The last point is particularly important, and while there are many high-level discussions about it, there is a risk for it to be a blind spot now that the limelight is taken (understandably but mistakenly) by awe-inducing technical developments.

And yet, we might have seen this pattern before…for example, with Lean Management and Six Sigma (LSS).

Is there Lean Management in LLM?

Before LSS practices were introduced, the same problem that we found with generative AI, that is less-than-ideal quality and controllability, existed with human workers. People are hit-and-miss too and their output shows significant variance in quality. Lots of scientific management effort has been spent in deriving process design and management frameworks. Those efforts would eventually improve things. From Taylor to Toyota, industrial empires were built on them — and not just on the new technologies employed.

The current dynamics are also similar to the RPA automation wave, as some RPA has been AI-augmented for years. And we have certainly faced this situation during the first enterprise AI wave in the mid-2010s. What happened then?

Business process transformation companies devised new process design methods derived from design thinking and agile, among others.

One example is Lean Digital, created by my team at Genpact, where I led innovation for a decade. There, design work starts with the analysis of front/middle/ back office flows (legacy, and reimagined to-be) through a lens of human experience where personas can be customers, client organizations, employees, etc.

In the “Generative AI at work” study mentioned earlier, contact center agents didn’t comply with AI’s suggestions, provided in a user interface, all the time, possibly because they found inaccuracy; and yet, compliance was correlated with effectiveness. All of this cannot be left to happen “organically”.

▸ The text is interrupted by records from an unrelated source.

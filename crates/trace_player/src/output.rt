//! Plays the text of a trace and collects the output before any of it is written.
ghost use Rattle.std.specs.Prelude.{◌≡◌, ◌+◌, ◌-◌, ◌<◌, ◌≤◌, ◌^◌, drop, length};
ghost use Rattle.std.specs.Prelude.{IfErr, IfOk, IsErrOf};
ghost use Rattle.trace_words.specs.Places.{place_at, place_of};
ghost use Rattle.wire_bytes.specs.Outcome.{Fails};
ghost use Rattle.relay_core.specs.Opening.{IsFitOpening};
ghost use Rattle.trace_lines.specs.OpenCount.{counted_events};
ghost use Rattle.trace_words.specs.declared.fault.TraceFault.TheVariants as trace_fault;
ghost use Rattle.trace_player.specs.Playing.{PlaysTrace};
ghost use Rattle.trace_player.specs.Traces.{max_bytes, trace_after, trace_of_opening, trace_from};
ghost use Rattle.trace_player.specs.Traces.{trace_of};

use crate::playing::play_events;
use crate::reading::MAX_BYTES;
use relay_core::{Opening, RelayCore};
use std::alloc::Global;
use trace_lines::read_stated_count;
use trace_openings::read_opening;
use trace_words::{HeldLines, TraceFault, TraceLines, Version};

// The lines that a trace prints, and the number of its events.
#[derive(Debug, Drop)]
pub(crate) struct PlayedLines {
    pub(crate) lines: Vec<u8>,
    pub(crate) count: u64,
}

// Plays the `count` events after an opening. Errors: `Line` if anything follows them, among
// others.
fn play_after_opening(
    alloc: Global,
    version: Version,
    count: u64,
    opening: &Opening,
    lines: &mut HeldLines,
) -> Result<PlayedLines, TraceFault>
    requires { IsFitOpening opening.now }
    ensures ok { IfOk result
        (λ output. PlaysTrace (trace_of_opening version count opening.now lines.old)
        output.lines.items
        output.count) }
    ensures err { IfErr result
        (λ fault. Fails trace_fault.Memory fault
        (trace_of_opening version count opening.now lines.old)) }
{
    let mut core = RelayCore::from_fit_opening(alloc, opening)?;
    let played = play_events(alloc, version, count, lines, &mut core);
    drop(core);
    let output = PlayedLines {
        lines: played?,
        count,
    };
    lines.end()?;
    Ok(output)
}

// Returns the number of events. If none is stated, they are all whole lines, and what follows these
// is dropped.
fn count_events_left(counted: Option<u32>, lines: &mut HeldLines) -> u64
    ensures { counted_events counted lines.old ≡ (result, lines.new) }
{
    match counted {
        Some(count) => u64::from(count),
        None => lines.keep_whole_lines(),
    }
}

// Plays the events in the last `left` bytes of a text; the first line of these has the number
// `number`, and `counted` is the number of events, if one is stated. Text that has been read is
// dropped.
fn play_held(
    alloc: Global,
    version: Version,
    counted: Option<u32>,
    opening: &Opening,
    text: Vec<u8>,
    number: u64,
    left: usize,
) -> Result<PlayedLines, TraceFault>
    requires fit { IsFitOpening opening.now }
    requires within { left ≤ length text.items }
    requires counted { number + length text.items < 2 ^ 64 }
    ensures ok { IfOk result
        (λ output. PlaysTrace
        (trace_after version counted opening.now
        (place_at number (drop (length text.items - left) text.items))) output.lines.items
        output.count) }
    ensures err { IfErr result
        (λ fault. Fails trace_fault.Memory fault
        (trace_after version counted opening.now
        (place_at number (drop (length text.items - left) text.items)))) }
{
    let taken = text.len() - left;
    let mut lines = HeldLines::new(text, taken, number);
    let count = count_events_left(counted, &mut lines);
    let played = play_after_opening(alloc, version, count, opening, &mut lines);
    drop(lines);
    played
}

// Plays the trace of a text.
#[tactic(auto, unfolding(crate::specs::Traces::trace_from))]
fn play_lines(alloc: Global, text: Vec<u8>) -> Result<PlayedLines, TraceFault>
    requires { length text.items ≤ max_bytes }
    ensures ok { IfOk result
        (λ output. PlaysTrace (trace_from (place_of text.items)) output.lines.items output.count) }
    ensures err { IfErr result
        (λ fault. Fails trace_fault.Memory fault (trace_from (place_of text.items))) }
{
    let mut lines = TraceLines::new(text.as_slice());
    let (version, opening) = read_opening(alloc, &mut lines)?;
    let stated = read_stated_count(&mut lines);
    let (number, left) = (lines.number(), lines.rest().len());
    let played = match stated {
        Ok(counted) => play_held(alloc, version, counted, &opening, text, number, left),
        Err(fault) => {
            drop(text);
            Err(fault)
        }
    };
    drop(opening);
    played
}

// Plays the text of a trace, each event as soon as its line is read. Errors: `TooLong`; `Line`
// with the number of the first line that is missing or malformed; `Memory`.
#[tactic(auto, unfolding(crate::specs::Traces::trace_of), using(crate::proofs::Faults::told_too_long))]
pub(crate) fn play_text(alloc: Global, text: Vec<u8>) -> Result<PlayedLines, TraceFault>
    ensures ok { IfOk result
        (λ output. PlaysTrace (trace_of text.items) output.lines.items output.count) }
    ensures err { IfErr result (λ fault. Fails trace_fault.Memory fault (trace_of text.items)) }
    ensures too_long { IsErrOf result trace_fault.TooLong → max_bytes < length text.items }
{
    if text.len() > MAX_BYTES {
        drop(text);
        return Err(TraceFault::TooLong);
    }
    play_lines(alloc, text)
}
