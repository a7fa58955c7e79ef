//! Proofs that the numbers of every trace are in the ranges of their types, so a trace that fits
//! its text is read back. These functions only look at a trace, and do not allocate.
ghost use Rattle.std.specs.Prelude.{◌≡◌, ◌≤◌, ◌++◌, List, ℕ, length, Ok};
ghost use Rattle.std.specs.List.{All};
ghost use Rattle.relay_events.specs.declared.event.Event.{Event};
ghost use Rattle.relay_recorder.specs.Recording.{max_capacity};
ghost use Rattle.trace_lines.specs.Traced.{FitsLine, IsTraced};
ghost use Rattle.trace_words.specs.WholeLines.{IsTail};
ghost use Rattle.trace_player.specs.Journals.{FitsJournal, events_text, journal_text, with_events};
ghost use Rattle.trace_player.specs.Traces.{max_bytes, trace_of, trace_text};
ghost use Rattle.trace_player.specs.Written.{AreTraced, FitsText};

use crate::laws::{written_journal_is_read, written_trace_is_read};
use relay_events::Event;
use relay_recorder::Trace;
use trace_lines::event_is_traced;
use trace_openings::opening_is_writable;

// Proves that each event that fits its line is read back from it.
fn events_are_traced(events: &[Event])
    ensures { All (λ event. FitsLine event → IsTraced event) events.now }
{
    'events: for event in events {
        event_is_traced(event);
    }
}

// Proves that a trace that fits its text is read back from it if the text has at most
// 33,554,432 bytes, as the text of at most 1,024 events has.
#[tactic(auto, using(crate::proofs::RangeLemmas::is_writable, crate::proofs::RangeLemmas::is_short))]
pub(crate) fn trace_is_read_again(trace: &Trace)
    ensures read_back { FitsText trace.now → length (trace_text trace.now) ≤ max_bytes
        → trace_of (trace_text trace.now) ≡ Ok trace.now }
    ensures within_max { FitsText trace.now → length trace.now.events ≤ max_capacity
        → length (trace_text trace.now) ≤ max_bytes }
{
    opening_is_writable(&trace.opening);
    events_are_traced(trace.events.as_slice());
    written_trace_is_read();
}

// Proves that a journal with an opening and events that fit it is read back, also after it has
// grown and with a torn tail, if the text has at most 33,554,432 bytes.
#[tactic(auto, using(crate::proofs::RangeLemmas::journals))]
pub(crate) fn journal_is_read_again(trace: &Trace)
    ensures whole { FitsJournal trace.now → length (journal_text trace.now) ≤ max_bytes
        → trace_of (journal_text trace.now) ≡ Ok trace.now }
    ensures grown { FitsJournal trace.now → (more : List Event) (tail : List ℕ) → AreTraced more
        → IsTail tail → length (journal_text trace.now ++ events_text more ++ tail) ≤ max_bytes
        → trace_of (journal_text trace.now ++ events_text more ++ tail)
        ≡ Ok (with_events trace.now more) }
{
    opening_is_writable(&trace.opening);
    events_are_traced(trace.events.as_slice());
    written_journal_is_read();
}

As a result, I suspect a lot of focus will be given to the design of user interfaces that guide humans and machines in their work together — above and beyond the current “chat” format that is intuitive and pleasant but inadequate for many business applications. Lots of guidance for prompt engineering has emerged, but I suspect it will be complemented with something else.

“It’s the process, stupid”

“Out of the box”, and standalone, neither AI nor humans deliver the quality, speed, and cost levels that we need. The solution will not be, at least for some time, just a few more trillion parameters in LLM models.

We urgently need a rework of our process and operating model design approaches.

With LLMs there are incredible opportunities for generating additional process designs, not least because the people/process/tech/data stack is blurring: data becomes ingrained in the software, and the work of existing people, processes, and tech can be delivered by some of the new systems, especially when woven together with Langchain-type (Python-supported prompt chaining) tools. The prospect of being able to chain multimodel LLM steps is a most exciting opportunity for anyone engaged in business operations today.

We need new frames of reference, such as thinking in terms of augmentation of collective intelligence, instead of just individual human-machine interactions or, even worse, AI-only solutions. This is a whole new world for process design management, and ours to build. The size of the prize is immense.